_Provided records_.
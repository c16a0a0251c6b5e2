//! What a declaration declares: users, premises, cells, set kinds and compounds, by name and by
//! number.
ghost use Rattle.std.specs.Prelude.{◌≡◌, ◌↔◌, ◌+◌, ◌-◌, [], All, None, Some, ◌<◌, ◌≤◌, IsTrue};
ghost use Rattle.std.specs.Prelude.{length, slice_get, Contains, IfSome, IfNone};
ghost use Rattle.pw_kinds.specs.Places.{most_members};
ghost use Rattle.pw_info.specs.SetNames.{IsNamed};
ghost use Rattle.pw_procs.specs.Registry.{cells_of};
ghost use Rattle.pw_procs.specs.Registering.{place_of_name};
ghost use Rattle.pw_procs.specs.Registry.{procedures_in};
ghost use Rattle.pw_decl.specs.declared.step.Callable.TheVariants as callables;
ghost use Rattle.pw_decl.specs.Compound.{kinds_at, sizes_of};
ghost use Rattle.pw_decl.specs.Declaration.{nothing_declared, owner_of, kind_at, members_of};
ghost use Rattle.pw_decl.specs.Declaration.{callable_named, IsCallable, Takes};
ghost use Rattle.pw_decl.specs.Limits.{most_users, most_premises, most_cells, most_sets};
ghost use Rattle.pw_decl.specs.Limits.{most_compounds, most_inner_cells};
ghost use Rattle.pw_decl.specs.Prelude.{prelude_compounds};
ghost use Rattle.pw_decl.specs.Expansion.{inner_kinds_of};
ghost use Rattle.pw_decl.specs.inside.Held.{AreCallsOf};
ghost use Rattle.pw_decl.specs.inside.Held.{steps_of};
ghost use Rattle.pw_decl.specs.WellDeclared.{IsWellDeclared};
ghost use Rattle.std.proofs.Props.{props};
ghost use Rattle.pw_decl.specs.inside.Held.{named_prop};
ghost use Rattle.pw_decl.specs.Expansion.{inner_after};
ghost use Rattle.pw_decl.specs.inside.Held.{calls_held, calls_of, inner_held};
ghost use Rattle.pw_decl.specs.inside.Held.{compounds_of, declared_from, sizes_held};

use crate::built_in::{BUILT_IN_SETS, PRELUDE_COMPOUNDS, built_in_member, built_in_place};
use crate::compound::Compound;
use crate::flat_call::{FlatCall, Flattened, MOST_CELLS};
use crate::step::{Callable, Step};
use crate::version::Version;
use pw_info::{Kind, KindNames};
use pw_procs::{Arguments, NameTable, Registry, are_equal_kinds};
use std::alloc::{Allocator, Global};

mod additions;

/// Users, premises and cells, each numbered from 0 in the order of their lines. Each premise has
/// the user that it belongs to, if any, and each cell has its kind. Set kinds have the names of
/// their members, and are numbered from 2 in the order of their lines, after `bool` and `sign`.
/// There are at most 64 users, 1,024 cells and 32 declared set kinds; in the first version at most
/// 64 premises and sets of 2 to 64 members, in the second at most 512 premises and sets of 2 to 128
/// members; and at most 64 compounds, numbered from 3 in the order of their lines, after `sum`,
/// `product` and `conditional`. A declaration is read over a registry, and compounds call the
/// registry's procedures.
#[derive(Drop)]
pub struct Declaration<'r, A: Allocator = Global> {
    registry: &'r Registry,
    version: Version,
    users: NameTable<A>,
    premises: NameTable<A>,
    owners: Vec<Option<u8>, A>,
    cells: NameTable<A>,
    kinds: Vec<Kind, A>,
    // The names of the declared set kinds.
    set_names: NameTable<A>,
    // The names of the members of each declared set kind.
    sets: Vec<NameTable<A>, A>,
    compound_names: NameTable<A>,
    compounds: Vec<Compound<A>, A>,
    // The flattened form of each compound.
    flattened: Vec<Flattened<A>, A>,
    ghost well: { IsWellDeclared (declared_from registry.now version users premises owners.items cells kinds.items
        set_names sets.items compound_names compounds.items) } by { Prim.hlevel (props, named_prop) },
    ghost sized: { sizes_held compounds.items ≡ sizes_of (compounds_of compounds.items) },
    ghost calls: { calls_held flattened.items ≡ calls_of (compounds_of compounds.items) },
    ghost inner: { inner_held flattened.items ≡ inner_after [] (compounds_of compounds.items) },
}

impl<'r, A: Allocator + Copy> Declaration<'r, A> {
    ghost use Rattle.pw_decl.specs.inside.Fields.{declared, StepsAre};

    /// An empty declaration, in the first version. Takes no memory.
    pub(crate) fn new(alloc: A, registry: &'r Registry) -> Declaration<'r, A>
        ensures { declared result ≡ nothing_declared (procedures_in registry.entry.now) }
    {
        Declaration {
            registry,
            version: Version::One,
            users: NameTable::new(alloc),
            premises: NameTable::new(alloc),
            owners: Vec::new(alloc),
            cells: NameTable::new(alloc),
            kinds: Vec::new(alloc),
            set_names: NameTable::new(alloc),
            sets: Vec::new(alloc),
            compound_names: NameTable::new(alloc),
            compounds: Vec::new(alloc),
            flattened: Vec::new(alloc),
        }
    }

    /// The registry over which the declaration was read.
    pub fn registry(&self) -> &'r Registry
        ensures { procedures_in result.now ≡ (declared self.now).procedures }
    {
        self.registry
    }

    /// Properties of every declaration: it keeps its limits, the members of sets have names, and
    /// the kinds of cells are declared.
    pub fn limits(&self)
        ensures { IsWellDeclared (declared self.now) }
    {
        // Reads a field, so that the properties of every declaration are known.
        let _users = &self.users;
    }

    /// The number of users, at most 64.
    pub fn users(&self) -> u8
        ensures count { result ≡ length (declared self.now).users }
        ensures most { result ≤ most_users }
    {
        self.users.len() as u8
    }

    /// The number of premises: at most 64 in the first version, at most 512 in the second.
    pub fn premises(&self) -> u16
        ensures count { result ≡ length (declared self.now).premises }
        ensures most { result ≤ most_premises }
    {
        self.premises.len() as u16
    }

    /// The number of cells, at most 1,024.
    pub fn cells(&self) -> u32
        ensures count { result ≡ length (declared self.now).cells }
        ensures most { result ≤ most_cells }
    {
        self.cells.len() as u32
    }

    /// The number of declared set kinds, at most 32. `bool` and `sign` do not count.
    pub fn sets(&self) -> u8
        ensures count { result ≡ length (declared self.now).sets }
        ensures most { result ≤ most_sets }
    {
        self.sets.len() as u8
    }

    /// The number of declared compounds, at most 64. `sum`, `product` and `conditional` do not
    /// count.
    pub fn compounds(&self) -> u8
        ensures count { result ≡ length (declared self.now).compounds - prelude_compounds }
        ensures most { result ≤ most_compounds }
    {
        self.compounds.len().saturating_sub(PRELUDE_COMPOUNDS) as u8
    }

    /// The callable of this name, if there is one, which a line may call or attach: a procedure of
    /// the registry, `sum`, `product`, `conditional`, or a declared compound.
    pub fn callable(&self, name: &[u8]) -> Option<Callable>
        ensures named { result ≡ callable_named (declared self.now) name.now }
        ensures there { IfSome result (λ callable. IsCallable (declared self.now) callable) }
    {
        if let Some(number) = self.registry.find(name) {
            return Some(Callable::Stored(number));
        }
        let number = self.compound_names.find(name)?;
        Some(Callable::Compound(number as u8))
    }

    /// Whether the callable, which must exist, takes cells of these kinds: a procedure takes its
    /// inputs and then its output, a compound its parameters.
    pub fn accepts(&self, callable: Callable, kinds: &[Kind]) -> bool
        requires { IsCallable (declared self.now) callable }
        ensures { IsTrue result ↔ Takes (declared self.now) callable kinds.now }
    {
        match callable {
            Callable::Stored(number) => self.registry.get(number).signature().accepts(kinds),
            Callable::Compound(number) => {
                are_equal_kinds(kinds, &self.compounds[usize::from(number)].parameters)
            }
        }
    }

    /// Whether the callable, which must exist, takes the cells at these places, where `kinds` are
    /// the kinds of all cells. The places must exist.
    pub fn accepts_at(&self, callable: Callable, kinds: &[Kind], places: Arguments) -> bool
        requires there { IsCallable (declared self.now) callable }
        requires places { All (λ place. place < length kinds.now) (cells_of places) }
        ensures { IsTrue result ↔ Takes (declared self.now) callable (kinds_at kinds.now
            (cells_of places)) }
    {
        let places = places.cells();
        let mut given = [Kind::Interval; MOST_CELLS];
        for number in 0..places.len() {
            given[number] = kinds[places[number] as usize];
        }
        self.accepts(callable, &given[..places.len()])
    }

    /// The lines of the compound of this number, which must exist.
    pub fn steps(&self, compound: u8) -> &[Step]
        requires { compound < length (declared self.now).compounds }
        ensures { StepsAre (declared self.now) compound (steps_of result.now) }
    {
        &self.compounds[usize::from(compound)].steps
    }

    /// The flattened compound of this number, which must exist, as calls of procedures over places: its
    /// parameters from 0, and after them its inner cells.
    pub fn flat_calls(&self, compound: u8) -> &[FlatCall]
        requires { compound < length (declared self.now).compounds }
        ensures { AreCallsOf (declared self.now).compounds compound result.now }
    {
        &self.flattened[usize::from(compound)].calls
    }

    /// The kinds of the inner cells of the flattened compound of this number, which must exist: at most
    /// 256, in the order in which they are made.
    pub fn inner_kinds(&self, compound: u8) -> &[Kind]
        requires { compound < length (declared self.now).compounds }
        ensures kinds { result.now ≡ inner_kinds_of (declared self.now).compounds
            (callables.Compound compound) }
        ensures most { length result.now ≤ most_inner_cells }
    {
        &self.flattened[usize::from(compound)].inner
    }

    /// The kinds of the inner cells that the callable, which must exist, makes, at most 256: a procedure
    /// makes none.
    pub fn inner_kinds_of(&self, callable: Callable) -> &[Kind]
        requires { IsCallable (declared self.now) callable }
        ensures kinds { result.now ≡ inner_kinds_of (declared self.now).compounds callable }
        ensures most { length result.now ≤ most_inner_cells }
    {
        match callable {
            Callable::Stored(_) => &[],
            Callable::Compound(compound) => self.inner_kinds(compound),
        }
    }

    /// The number of the user of this name, if there is one.
    pub fn user(&self, name: &[u8]) -> Option<u8>
        ensures number { result ≡ place_of_name (declared self.now).users name.now }
        ensures within { IfSome result (λ number. number < length (declared self.now).users) }
        ensures limit { IfSome result (λ number. number < most_users) }
    {
        let number = self.users.find(name)?;
        Some(number as u8)
    }

    /// The number of the premise of this name, if there is one.
    pub fn premise(&self, name: &[u8]) -> Option<u16>
        ensures number { result ≡ place_of_name (declared self.now).premises name.now }
        ensures within { IfSome result (λ number. number < length (declared self.now).premises) }
        ensures limit { IfSome result (λ number. number < most_premises) }
    {
        let number = self.premises.find(name)?;
        Some(number as u16)
    }

    /// The number of the cell of this name, if there is one.
    pub fn cell(&self, name: &[u8]) -> Option<u32>
        ensures number { result ≡ place_of_name (declared self.now).cells name.now }
        ensures within { IfSome result (λ number. number < length (declared self.now).cells) }
        ensures limit { IfSome result (λ number. number < most_cells) }
    {
        let number = self.cells.find(name)?;
        Some(number as u32)
    }

    /// The name of the user of this number, who must exist.
    pub fn user_name(&self, user: u8) -> &str
        requires { user < length (declared self.now).users }
        ensures name { slice_get (declared self.now).users user ≡ Some result.now }
        ensures own { place_of_name (declared self.now).users result.now ≡ Some user }
    {
        self.users.name(usize::from(user))
    }

    /// The name of the premise of this number, which must exist.
    pub fn premise_name(&self, premise: u16) -> &str
        requires { premise < length (declared self.now).premises }
        ensures name { slice_get (declared self.now).premises premise ≡ Some result.now }
        ensures own { place_of_name (declared self.now).premises result.now ≡ Some premise }
    {
        self.premises.name(usize::from(premise))
    }

    /// The name of the cell of this number, which must exist.
    pub fn cell_name(&self, cell: u32) -> &str
        requires { cell < length (declared self.now).cells }
        ensures name { slice_get (declared self.now).cells cell ≡ Some result.now }
        ensures own { place_of_name (declared self.now).cells result.now ≡ Some cell }
    {
        self.cells.name(cell as usize)
    }

    /// The number of the user that the premise of this number, which must exist, belongs to, if any.
    pub fn owner(&self, premise: u16) -> Option<u8>
        requires { premise < length (declared self.now).premises }
        ensures owner { result ≡ owner_of (declared self.now) premise }
        ensures user { IfSome result (λ user. user < length (declared self.now).users) }
    {
        self.owners[usize::from(premise)]
    }

    /// The kinds of the cells, at most 1,024, by cell number.
    pub fn kinds(&self) -> &[Kind]
        ensures kinds { result.now ≡ (declared self.now).kinds }
        ensures each { length (declared self.now).kinds ≡ length (declared self.now).cells }
        ensures most { length result.now ≤ most_cells }
    {
        &self.kinds
    }

    /// The kind of the cell of this number, which must exist.
    pub fn cell_kind(&self, cell: u32) -> Kind
        requires { cell < length (declared self.now).cells }
        ensures kind { result ≡ kind_at (declared self.now) cell }
        ensures named { IsNamed (members_of (declared self.now)) result }
    {
        self.kinds[cell as usize]
    }
}

impl<A: Allocator + Copy> KindNames for Declaration<'_, A> {
    ghost use Rattle.pw_decl.specs.inside.Fields.{declared};

    ghost members = { λ d. members_of (declared d) };

    fn member(&self, set: u8, place: u8) -> &str {
        if set < BUILT_IN_SETS {
            return built_in_member(set, place);
        }
        self.sets[usize::from(set - BUILT_IN_SETS)].name(usize::from(place))
    }

    fn place(&self, set: u8, name: &[u8]) -> Option<u8> {
        if set < BUILT_IN_SETS {
            return built_in_place(set, name);
        }
        let sets = self.sets.as_slice();
        let declared = usize::from(set - BUILT_IN_SETS);
        if declared >= sets.len() {
            return None;
        }
        place_in(&sets[declared], name)
    }
}

// The place of the name in a list of at most 128 names.
fn place_in<A: Allocator + Copy>(names: &NameTable<A>, name: &[u8]) -> Option<u8>
    requires { length names.now ≤ most_members }
    ensures found { IfSome result (λ place. slice_get names.now place ≡ Some name.now) }
    ensures none { IfNone result (Contains names.now name.now → ⊥) }
{
    let place = names.find(name)?;
    Some(place as u8)
}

_Instructions for the task_.
Among the records above, repeat exactly the line with "self.premises.len() as u16", the line with "self.now).compounds - prelude_compounds", and every line in between, and only those.

_Result for this task_.
        self.premises.len() as u16
    }

    /// The number of cells, at most 1,024.
    pub fn cells(&self) -> u32
        ensures count { result ≡ length (declared self.now).cells }
        ensures most { result ≤ most_cells }
    {
        self.cells.len() as u32
    }

    /// The number of declared set kinds, at most 32. `bool` and `sign` do not count.
    pub fn sets(&self) -> u8
        ensures count { result ≡ length (declared self.now).sets }
        ensures most { result ≤ most_sets }
    {
        self.sets.len() as u8
    }

    /// The number of declared compounds, at most 64. `sum`, `product` and `conditional` do not
    /// count.
    pub fn compounds(&self) -> u8
        ensures count { result ≡ length (declared self.now).compounds - prelude_compounds }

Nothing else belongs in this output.